- _Task goal_: State how many lines of the entries hold the string "IfSome", and output nothing but that count.

- _Collected data_:
-- Opening Marker --
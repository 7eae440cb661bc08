// The order of sets.

ghost use Rattle.std.specs.Prelude.{◌≡◌, ℕ, ◌+◌, ◌*◌, ◌^◌, ◌<◌, ◌≤◌, length, true, false, IfSome, IfNone, slice_index};
ghost use Rattle.std.specs.FinSet as set;
ghost use Rattle.std.specs.Ordering.{nat_cmp};
ghost use Rattle.std.specs.Cmp.Lexicographic.{slice_cmp};
ghost use Rattle.lane_sieve.specs.Sets.{number_set, words_cmp, GoesOnAsOrdered};

use crate::members::next_number;
use std::cmp::Ordering;

/// The order of two sets of equally many words: the lexicographic order of their ascending lists, in which a proper
/// prefix comes first.
pub fn compare_numbers(xs: &[u64], ys: &[u64]) -> Ordering
    requires same { length xs.now ≡ length ys.now }
    requires short { length xs.now ≤ 2 ^ 26 }
    ensures { result ≡ words_cmp xs.now ys.now }
{
    let Some(place) = first_difference(xs, ys) else {
        return Ordering::Equal;
    };
    let bit = (xs[place] ^ ys[place]).trailing_zeros();
    let first = 64 * place + bit as usize;
    if (xs[place] >> bit) & 1 == 1 {
        order_by_first(ys, first)
    } else {
        order_by_first(xs, first).reverse()
    }
}

/// The first place at which the words differ.
fn first_difference(xs: &[u64], ys: &[u64]) -> Option<usize>
    requires { length xs.now ≡ length ys.now }
    ensures none { IfNone result (xs.now ≡ ys.now) }
    ensures within { IfSome result (λ n. n < length xs.now) }
    ensures differ { IfSome result (λ n. ¬ (slice_index xs.now n ≡ slice_index ys.now n)) }
    ensures first { IfSome result (λ n. (i : ℕ) → i < n → slice_index xs.now i ≡ slice_index ys.now i) }
{
    xs.iter().zip(ys).position(|(x, y)| x != y)
}

/// How a set compares with that of the words, where both have the same numbers below `first` and it alone has `first`:
/// it comes before exactly where the other goes on.
fn order_by_first(words: &[u64], first: usize) -> Ordering
    requires short { length words.now ≤ 2 ^ 26 }
    requires within { first < 64 * length words.now }
    ensures { GoesOnAsOrdered (number_set words.now) (64 * length words.now) first result }
{
    match next_number(words, first + 1) {
        Some(_) => Ordering::Less,
        None => Ordering::Greater,
    }
}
-- Closing Marker --
- _Answer_: 4